Aquila highlighted, in particular, a graffiti incident at Denver’s Cathedral Basilica of the Immaculate Conception last month, which saw a lone woman— a supporter of abortion rights— spray-paint slogans such as “Satan Lives Here,” “White Supremacists,” and “Child Rapists, LOL” on the historic building’s exterior.

“You would likely have to go back to the early 20th or late 19th centuries, when an influx of Catholic immigrants challenged a mostly Protestant culture, to find so much public antagonism toward the Catholic Church,” Aquila wrote.

Archbishop Samuel J. Aquila says Mass for the Transitional Deacon Ordination in 2020. Archdiocese of Denver, photography: A&D Creative LLC
Archbishop Samuel J. Aquila says Mass for the Transitional Deacon Ordination in 2020. Archdiocese of Denver, photography: A&D Creative LLC

“As Catholics, we recognize that this is a spiritual crisis. We pray for the end to such horrifying attacks and for God’s love to drive out the hate in the perpetrators, regardless of who they have targeted. Yet as Americans, we also clearly see a cultural crisis. People of goodwill, whether religious or not, must condemn and confront the societal trends that encourage attacks on houses of worship — trends that extend far beyond religion.”

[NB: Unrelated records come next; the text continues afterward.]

// The periods of a fork's log, for C.
ghost use Rattle.std.specs.Prelude.{◌≡◌, ◌+◌, ◌*◌, ◌^◌, ◌≤◌, slice_set};
ghost use Rattle.dine_ffi.specs.Written.{ArePeriods};

use dine_token::{Fork, Period};

/// Writes the periods of the log, three numbers for each, and no more numbers than `out` has. Returns the number of
/// periods.
pub(crate) fn write_periods(fork: &Fork, out: &mut [u32]) -> i64
    ensures { ArePeriods fork.now out.old out.new result }
{
    let periods = fork.periods();
    for i in 0..periods {
        write_period(fork.period(i), 3 * (i as usize), out);
    }
    periods as i64
}

// Writes the three numbers of the period from `at` on, those that `out` has.
fn write_period(period: Period, at: usize, out: &mut [u32])
    requires { at ≤ 3 * 2 ^ 33 }
    ensures { out.new ≡ slice_set (slice_set (slice_set out.old at period.site) (at + 1) period.first)
        (at + 2) period.count }
{
    write_number(period.site, at, out);
    write_number(period.first, at + 1, out);
    write_number(period.count, at + 2, out);
}

// Writes the number at this index, if `out` has it.
fn write_number(number: u32, at: usize, out: &mut [u32])
    ensures { out.new ≡ slice_set out.old at number }
{
    if at < out.len() {
        out[at] = number;
    }
}
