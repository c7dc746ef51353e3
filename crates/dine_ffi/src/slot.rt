//! A box as its pointer, in a struct that C may hold; or no box.
ghost use Rattle.std.specs.Prelude.{◌≡◌, Option, Some, None};
ghost use Rattle.dine_ffi.specs.declared.contents.Contents.{Contents};
ghost use Rattle.std.specs.Coded.{coded_option};
ghost use Rattle.dine_slot.specs.Slots.{slot_owns};
ghost use Rattle.dine_ffi.specs.contracts.contents.Contents.{the_row};

use crate::contents::Contents;
use dine_slot::Parts;
use std::alloc::Global;
use std::marker::Model;
use std::ptr;

/// The pointer of a box with contents, if it is full.
#[repr(C)]
#[derive(Drop)]
pub struct Slot {
    // Of `Contents`. C may hold no pointer to one, so it is cast.
    ptr: *mut u8,
    alloc: Global,
    pub ghost held: { Option Contents } by { coded_option the_row.coded },
}

impl Model for Slot {
    ghost also_owns = { λ s. slot_owns the_row s.alloc s.ptr s.held };
}

unsafe impl Send for Slot {}

impl Slot {
    /// A slot with this box.
    pub(crate) fn of(contents: Box<Contents>) -> Slot
        ensures { result.held ≡ Some contents.value }
    {
        Slot::of_parts(Parts::of(contents))
    }

    /// The box of a slot that is full.
    pub(crate) fn into_box(self) -> Box<Contents>
        requires { (contents : Contents) × (self.held ≡ Some contents) }
        ensures { self.held ≡ Some result.value }
    {
        self.into_parts().into_box()
    }

    /// A slot that is not full.
    pub(crate) fn none(alloc: Global) -> Slot
        ensures { result.held ≡ None }
    {
        Slot {
            ptr: ptr::null_mut(),
            alloc,
        }
    }

    fn of_parts(parts: Parts<Contents, Global>) -> Slot
        ensures { result.held ≡ Some parts.value }
    {
        let Parts { ptr, alloc } = parts;
        Slot {
            ptr: ptr as *mut u8,
            alloc,
        }
    }

    fn into_parts(self) -> Parts<Contents, Global>
        requires { (contents : Contents) × (self.held ≡ Some contents) }
        ensures { self.held ≡ Some result.value }
    {
        let Slot { ptr, alloc } = self;
        Parts {
            ptr: ptr as *mut Contents,
            alloc,
        }
    }
}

Since February 2020 in the Archdiocese of Denver alone, at least 25 parishes or ministry locations are known to have been the target of vandalism, property destruction, or theft.

Aquila pointed out that Catholics have not been the only religious group targeted in recent months. African American Protestant churches, Buddhist temples, Muslim mosques, Jewish synagogues and cemeteries, and temples of the Church of Jesus Christ of Latter-Day Saints have all suffered attacks of various kinds in the past year and a half.

Overall, hate crimes, which include religiously motivated attacks, will likely set a 20-year record in 2021, Aquila noted.

A desecrated statue of the Blessed Virgin Mary at Holy Family Parish in Citrus Heights, California. . Courtesy photo.
A desecrated statue of the Blessed Virgin Mary at Holy Family Parish in Citrus Heights, California. . Courtesy photo.

“Respectful conversation has given way to spiteful confrontation,” he observed, “Where once people strove for change through the force of intellectual, moral and well-considered arguments, the go-to approach for many is now brute force. It often takes the form of violence or vandalism.”

Aquila wrote that where aggression is a widely accepted reaction to a difference of opinion, “Democracy cannot survive.”

“Everyone has a role in lifting America out of this crisis. Regardless of our individual beliefs, we must regain respect for the dignity of the human person,” Aquila concluded.